First-generation status got you down? Feeling pressured to prove a point? Wondering if you can do it? Here are some tips to help you get through college while impressing your family.
Don’t worry about fitting the mold
Coming from a long line of scholars, doctors or lawyers isn’t necessary to getting the ultimate CTX education, and it is definitely not essential in providing valuable perspective in the college classroom.
Not everyone is the same. Embrace it! A well-rounded education stems from hearing the views and experiences from those different than you. Don't let false notions of the pathway to traditional success stop you from doing your best. Put yourself out there and maybe others will learn a thing or two from you.
Getting involved in clubs, organizations and Chapel are good ways for any Tornado to feel like they belong at CTX. However, for first-generation students, a “home away from home” is more crucial than ever.
You might find that you have more common ground with traditional students than you thought, or you might discover many other first-gens like yourself. Either way, involve yourself in activities that challenge and inspire you. Here are some ways to help you meet people and to get more involved at Concordia!
Befriend a professor
We have some of the very best faculty here at Concordia. Take advantage of this by attending their office hours, asking for extra help when needed and participating in class discussions.

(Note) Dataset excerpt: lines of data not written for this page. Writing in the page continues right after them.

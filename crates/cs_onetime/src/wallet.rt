//! A wallet of one-time keys.
ghost use Rattle.std.specs.Prelude.{◌≡◌, ◌≤◌, [], Some, None, IfOk, OnErr};
ghost use Rattle.cs_onetime.specs.Halves.{public_key};
ghost use Rattle.cs_onetime.specs.Signature.{Verifies, signature, texts_in};
ghost use Rattle.cs_onetime.specs.Wallet.{message_of, signed_after, after_signing, SignsBy};

use crate::signing::signature;
use cs_base::{Memory, Sequence};
use cs_hash::{Digest, same};
use std::alloc::Global;

/// The greatest number of a key, 2^63 - 1: TOML has no greater one.
pub const LAST_NUMBER: u64 = 9_223_372_036_854_775_807;

/// The most numbers that a wallet uses.
pub const MOST_USED: usize = 65_536;

/// The seed of one-time keys, and what their numbers have signed.
#[derive(Drop)]
pub struct Wallet {
    /// The seed of all secrets.
    pub seed: Digest,
    /// Each number that has signed, with its message.
    pub used: Sequence<(u64, Digest)>,
}

/// Why a wallet doesn't sign.
#[derive(Clone, Copy, Debug, PartialEq, Eq)]
pub enum WalletError {
    /// The number has signed another message.
    Used,
    /// So many numbers have signed that no new one may.
    Full,
    /// There was not enough memory.
    Memory,
}

impl From<Memory> for WalletError {
    ghost use Rattle.cs_onetime.specs.declared.wallet.WalletError.TheVariants.{Memory as NoMemory};

    ghost from_gives = { λ _ e. e ≡ NoMemory };

    fn from(_: Memory) -> WalletError {
        WalletError::Memory
    }
}

impl Wallet {
    /// A wallet of which no number has signed.
    pub fn new(alloc: Global, seed: Digest) -> Wallet
        ensures { result ≡ record { seed = seed; used = [] } }
    {
        Wallet {
            seed,
            used: Sequence::new(alloc),
        }
    }

    // The message that a number has signed.
    fn message_of(&self, number: u64) -> Option<Digest>
        ensures { result ≡ message_of number self.now.used }
    {
        for signed in self.used.as_slice() {
            if signed.0 == number {
                return Some(signed.1);
            }
        }
        None
    }

    /// The signature of a message under a number. The number is used from then on, and signs no
    /// other message; signing the same message again gives the same texts.
    pub fn sign(
        &mut self,
        alloc: Global,
        number: u64,
        message: &Digest,
    ) -> Result<Vec<Vec<u8>>, WalletError>
        requires { number ≤ LAST_NUMBER }
        ensures signed { IfOk result (λ texts.
            texts_in texts.items ≡ signature self.old.seed number message.now) }
        ensures verifies { IfOk result (λ texts.
            Verifies (public_key self.old.seed number) message.now (texts_in texts.items)) }
        ensures used { SignsBy (after_signing self.old number message.now) self.new result }
        // What gives no signature leaves the wallet as it was.
        ensures kept { OnErr result (self.new ≡ self.old) }
    {
        match self.message_of(number) {
            Some(earlier) => self.sign_again(alloc, number, message, &earlier),
            None => self.sign_first(alloc, number, message),
        }
    }

    // The signature under a number that has signed this message earlier.
    fn sign_again(
        &self,
        alloc: Global,
        number: u64,
        message: &Digest,
        earlier: &Digest,
    ) -> Result<Vec<Vec<u8>>, WalletError>
        ensures signed { IfOk result (λ texts.
            texts_in texts.items ≡ signature self.now.seed number message.now) }
        ensures used { SignsBy (signed_after (Some earlier.now) self.now number message.now)
            self.now result }
    {
        if !same(earlier, message) {
            return Err(WalletError::Used);
        }
        Ok(signature(alloc, &self.seed, number, message)?)
    }

    // The signature under a number that has signed nothing.
    fn sign_first(
        &mut self,
        alloc: Global,
        number: u64,
        message: &Digest,
    ) -> Result<Vec<Vec<u8>>, WalletError>
        ensures signed { IfOk result (λ texts.
            texts_in texts.items ≡ signature self.old.seed number message.now) }
        ensures used { SignsBy (signed_after None self.old number message.now) self.new result }
        ensures kept { OnErr result (self.new ≡ self.old) }
    {
        if self.used.len() >= MOST_USED {
            return Err(WalletError::Full);
        }
        let texts = signature(alloc, &self.seed, number, message)?;
        match self.used.push((number, *message)) {
            Ok(()) => Ok(texts),
            Err(_) => Err(WalletError::Memory),
        }
    }
}
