//! Every case of a Prepare, and of the Decide that follows, against each state of its keys and each
//! kind of book to which calls lead.
use crate::calls::{decided, prepared};
use cs_base::{Config, Key, Memory};
use cs_table::Table;
use cs_test_samples::{Transfer, coin, spend};
use cs_tx::{Digest, Encoded, Session, Vote};
use cs_tx_types::Effect;
use std::alloc::Global;
use std::process::Abort;
use std::test::Fail;

/// What stands under a key.
#[derive(Clone, Copy, PartialEq, Eq)]
enum Holds {
    Nothing,
    TheCoin,
    AnotherCoin,
    Locked,
    Read,
    Used,
}

const ANCHORS: [Holds; 6] = [
    Holds::Nothing,
    Holds::TheCoin,
    Holds::AnotherCoin,
    Holds::Locked,
    Holds::Read,
    Holds::Used,
];

const OTHERS: [Holds; 5] = [
    Holds::Nothing,
    Holds::TheCoin,
    Holds::AnotherCoin,
    Holds::Locked,
    Holds::Read,
];

/// What is in the book of the anchor.
#[derive(Clone, Copy, PartialEq, Eq)]
enum Book {
    Empty,
    ItsAbort,
    ItsCommit,
    Worn,
}

const BOOKS: [Book; 4] = [Book::Empty, Book::ItsAbort, Book::ItsCommit, Book::Worn];

/// What stands under the three keys of the session, and in the book of the first.
#[derive(Clone, Copy)]
struct Case {
    anchor: Holds,
    input: Holds,
    reference: Holds,
    book: Book,
}

const ANCHOR: Digest = [1; 32];

const INPUT: Digest = [2; 32];

const REFERENCE: Digest = [3; 32];

/// The coin that a session uses up as it reads the coin of this name.
fn of_reader(name: Digest) -> Digest {
    [10 + name[0] % 10; 32]
}

/// A session that uses up two coins of 5 and reads a third.
fn session(alloc: Global) -> Result<Session, Memory> {
    let mut transfer = Transfer::new(alloc);
    transfer.inputs.push((ANCHOR, coin(alloc, 5)?))?;
    transfer.inputs.push((INPUT, coin(alloc, 5)?))?;
    transfer.references.push((REFERENCE, coin(alloc, 5)?))?;
    transfer.into_session(alloc, 1)
}

fn worth(holds: Holds) -> i64 {
    match holds {
        Holds::AnotherCoin => 6,
        Holds::Nothing | Holds::TheCoin | Holds::Locked | Holds::Read | Holds::Used => 5,
    }
}

/// The key of a coin, which is another where the session's is to have none.
fn key(name: u8, holds: Holds) -> Key {
    let name = if holds == Holds::Nothing {
        90 + name % 4
    } else {
        name
    };
    Key::Object([name; 32])
}

fn begun(rt: &impl Abort, alloc: Global, case: &Case) -> Result<Table, Fail> {
    let anchor = coin(alloc, worth(case.anchor))?;
    let input = coin(alloc, worth(case.input))?;
    let reference = coin(alloc, worth(case.reference))?;
    let (of_anchor, of_input, of_reference) = (coin(alloc, 5)?, coin(alloc, 5)?, coin(alloc, 5)?);
    assert!(rt; anchor.fits() && input.fits() && reference.fits());
    assert!(rt; of_anchor.fits() && of_input.fits() && of_reference.fits());
    let objects = [
        (key(1, case.anchor), anchor),
        (key(2, case.input), input),
        (key(3, case.reference), reference),
        (Key::Object(of_reader(ANCHOR)), of_anchor),
        (Key::Object(of_reader(INPUT)), of_input),
        (Key::Object(of_reader(REFERENCE)), of_reference),
    ];
    let config = Config::new(1, 0, 0).expect(rt, "a configuration");
    Ok(Table::genesis(alloc, config, 0, &objects)?)
}

/// Another session reads the coin of this name.
fn read(rt: &impl Abort, alloc: Global, table: &mut Table, name: Digest) -> Result<(), Fail> {
    let mut transfer = Transfer::new(alloc);
    transfer.inputs.push((of_reader(name), coin(alloc, 5)?))?;
    transfer.references.push((name, coin(alloc, 5)?))?;
    let reader = transfer.into_session(alloc, 2)?;
    assert!(rt; prepared(rt, alloc, table, &reader)? == Vote::Commit);
    Ok(())
}

/// Another session reads or locks the coin of this name, or uses it up.
fn hold(
    rt: &impl Abort,
    alloc: Global,
    table: &mut Table,
    name: Digest,
    holds: Holds,
) -> Result<(), Fail> {
    if holds == Holds::Read {
        return read(rt, alloc, table, name);
    }
    let other = spend(alloc, name, 5, &[], 2)?;
    if holds == Holds::Locked || holds == Holds::Used {
        assert!(rt; prepared(rt, alloc, table, &other)? == Vote::Commit);
    }
    if holds == Holds::Used {
        decided(rt, alloc, table, &other, Vote::Commit)?;
    }
    Ok(())
}

/// The session aborts, also where its keys are free, since another has its anchor in hand.
fn abort(
    rt: &impl Abort,
    alloc: Global,
    table: &mut Table,
    session: &Session,
    worth: i64,
) -> Result<(), Fail> {
    let other = spend(alloc, ANCHOR, worth, &[], 3)?;
    prepared(rt, alloc, table, &other)?;
    assert!(rt; prepared(rt, alloc, table, session)? == Vote::Abort);
    decided(rt, alloc, table, &other, Vote::Abort)?;
    Ok(())
}

/// So many sessions abort that the book of the anchor has no place left.
fn wear_out(rt: &impl Abort, alloc: Global, table: &mut Table) -> Result<(), Fail> {
    for number in 0..1024 {
        let other = spend(alloc, ANCHOR, 7, &[], number)?;
        assert!(rt; prepared(rt, alloc, table, &other)? == Vote::Abort);
    }
    Ok(())
}

/// A table in which the case holds.
fn table_of(rt: &impl Abort, alloc: Global, session: &Session, case: &Case) -> Result<Table, Fail> {
    let mut table = begun(rt, alloc, case)?;
    if case.book == Book::ItsCommit {
        assert!(rt; prepared(rt, alloc, &mut table, session)? == Vote::Commit);
        decided(rt, alloc, &mut table, session, Vote::Abort)?;
    }
    hold(rt, alloc, &mut table, ANCHOR, case.anchor)?;
    hold(rt, alloc, &mut table, INPUT, case.input)?;
    hold(rt, alloc, &mut table, REFERENCE, case.reference)?;
    match case.book {
        Book::Empty | Book::ItsCommit => {}
        Book::ItsAbort => abort(rt, alloc, &mut table, session, worth(case.anchor))?,
        Book::Worn => wear_out(rt, alloc, &mut table)?,
    }
    Ok(table)
}

/// What else the session names is there for it: a coin that it uses up nobody holds or reads, and one
/// that it reads nobody holds.
fn others_free(case: &Case) -> bool {
    let is_readable = case.reference == Holds::TheCoin || case.reference == Holds::Read;
    case.input == Holds::TheCoin && is_readable
}

/// A session can have committed only where its keys were free once. The book of a coin that is
/// used up is empty. A worn book, which takes many sessions, is tried with the other coins free.
fn is_reached(case: &Case) -> bool {
    let was_free = |holds| holds == Holds::TheCoin
        || holds == Holds::Locked
        || holds == Holds::Read;
    match (case.anchor, case.book) {
        (Holds::Used, book) => book == Book::Empty,
        (anchor, Book::ItsCommit) => {
            was_free(anchor) && was_free(case.input) && was_free(case.reference)
        }
        (_, Book::Worn) => others_free(case),
        _ => true,
    }
}

/// The first case that applies: it is in the book; another has used up the anchor; all its keys
/// are there for it; none of these.
fn vote_by_cases(case: &Case) -> Vote {
    match (case.anchor, case.book) {
        (_, Book::ItsCommit) => Vote::Commit,
        (Holds::TheCoin, Book::Empty) if others_free(case) => Vote::Commit,
        _ => Vote::Abort,
    }
}

/// A decision is carried out on a session that is locked, and that is one whose commit isn't in the book yet.
fn effect_by_cases(case: &Case, decision: Vote) -> Effect {
    match (vote_by_cases(case), case.book) {
        (Vote::Commit, Book::Empty) => match decision {
            Vote::Commit => Effect::Accepted,
            Vote::Abort => Effect::Aborted,
        },
        _ => Effect::Skipped,
    }
}

fn check_case(
    rt: &impl Abort,
    alloc: Global,
    session: &Session,
    case: &Case,
    decision: Vote,
) -> Result<(), Fail> {
    let mut table = table_of(rt, alloc, session, case)?;
    let vote = vote_by_cases(case);
    // A second Prepare answers the same, and so does one behind the decision.
    for effect in [effect_by_cases(case, decision), Effect::Skipped] {
        for _ in 0..2 {
            assert!(rt; prepared(rt, alloc, &mut table, session)? == vote);
        }
        assert!(rt; decided(rt, alloc, &mut table, session, decision)? == effect);
    }
    Ok(())
}

fn check_others(
    rt: &impl Abort,
    alloc: Global,
    session: &Session,
    anchor: Holds,
    book: Book,
) -> Result<(), Fail> {
    for input in OTHERS {
        for reference in OTHERS {
            let case = Case {
                anchor,
                input,
                reference,
                book,
            };
            if is_reached(&case) {
                check_case(rt, alloc, session, &case, Vote::Abort)?;
                check_case(rt, alloc, session, &case, Vote::Commit)?;
            }
        }
    }
    Ok(())
}

#[test]
fn each_case_of_a_prepare_and_a_decide(rt: HostRuntime) -> Result<(), Fail> {
    let alloc = rt.alloc();
    let session = session(alloc)?;
    for anchor in ANCHORS {
        for book in BOOKS {
            check_others(&rt, alloc, &session, anchor, book)?;
        }
    }
    Ok(())
}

If you find a professor you particularly take a liking to, hang onto him or her! They can be the best mentors. Also, you might want to use them for recommendations when applying for colleges.
Monitor your work/school balance
It is very common for first-generation students to maintain jobs while attending college. Working while going to school looks great on your resume, and if you do it well, it will show perspective employers that you can handle multitasking.
However, it is essential to keep up with your studies. If you are working so hard your grades suffer, it will be difficult to raise that GPA back to where it needs to be. Try to secure adequate financial aid (and get help if you are unsure how) so that you don't have to work so much that it negatively impacts your school work.
Accept any family support offered
We know, discussing the trials of college with family can be tricky when they haven’t experienced the things you are going through. However, if you are lucky enough to have family who love you and care about you throughout all things, they don’t need to have firsthand experience to help give you the encouragement you need.
After all, they know you! They will be your supporters when life gets you down, and your cheerleaders when you’re acing this university thing.